De (autor): Miriam Oneal

The Half-Said Things - Miriam O'neal

The Half-Said Things

De (autor): Miriam Oneal


Miriam O'Neal's The Half-Said Things is a book both meditatively considerate and bitingly eloquent. These are domestic poems on the edge of wilderness, poems from empty rooms in crowded houses, poems delighting in language and ripe with depth. "So I take my missing with me like a parting / gift of roses" she writes, reflecting lyrically on life and death from a calm, wisely wary place of earned experience, strength and knowing acceptance.

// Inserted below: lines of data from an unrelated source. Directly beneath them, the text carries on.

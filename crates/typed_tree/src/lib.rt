//! Monomorphic typed formulas (TFF without arithmetic, Sutcliffe 2017) as trees, and what it means that tokens spell one.
//!
//! A sort is `$i` or a word that a declaration makes one (`sort.rt`); a typed formula is an untyped one whose quantifiers bind variables with
//! sorts (`formula.rt`). `specs/` has the grammar as a relation without code: a phrase spells an entry, which is a type declaration or a
//! typed formula with its name and role. Terms, atoms, names, roles and notes are those of untyped formulas (`tptp_tree`). For each token of
//! a phrase there is a cause for which it is refused, or none; and the answers of reading an entry are told without a machine: the entry, or
//! the first token at which it can't go on, and why.
//!
//! **What is proved.** Tokens begin with at most one entry (`laws.rt`), and the definitions compute on worked examples.
#![tactic(auto)]

mod cause;
mod formula;
pub mod laws;
mod sort;

pub use cause::{TypedCause, TypedFault};
pub use formula::{TypedBox, TypedFormula, TypedFormulas};
pub use sort::{Declaration, Declarations, Sort, Sorts, TypedVar, TypedVars};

- Stephan Delbos, Poet Laureate of Plymouth, Massachusetts


I loved Miriam O'Neal's The Half-Said Things for its wondrous questioning and its listening "to the songs a shy girl hears." These are poems grounded in the world where yeasty dough is kneaded in "a red ware bowl the size of a small country." This is a country with a "muffin god" and a "wet wheat ocean," where the speaker is a "fugitive of her own heart." In this place, we enter churches, as well as rooms with cabbage roses on the wallpaper. O'Neal asks, "Whose world is this?/Whose world these?" This collection is a discovery of truths, which can be stark: ". . .only hunger and sea wind/only song and sway mean/anything." I'll return to this place in The Half-Said Things where I am reminded to "Be kind. We are only here so long."

- Jennifer Martelli, author of My Tarantella


Miriam O'Neal's poems draw one deeply into a bodily experience where all senses are evoked. In the tradition of the great Irish female poet Eavan Boland, who championed the way for women to write poems about their own lives, domesticity, and the landscape within the home, she speaks to the present, to symbol, and to memory through everyday language. There is bread and rain. There are birds and song. A seamstress of words, O'Neal's Irish heritage weaves through this collection as in these beautiful deeply moving lines from her first poem, 'still life with knowledge, ' which could also describe her style: no more than a hum of notes/ from songs her mother's sung/ before, a lullaby about losing love, and though/ she hasn't lost anything yet, she understands.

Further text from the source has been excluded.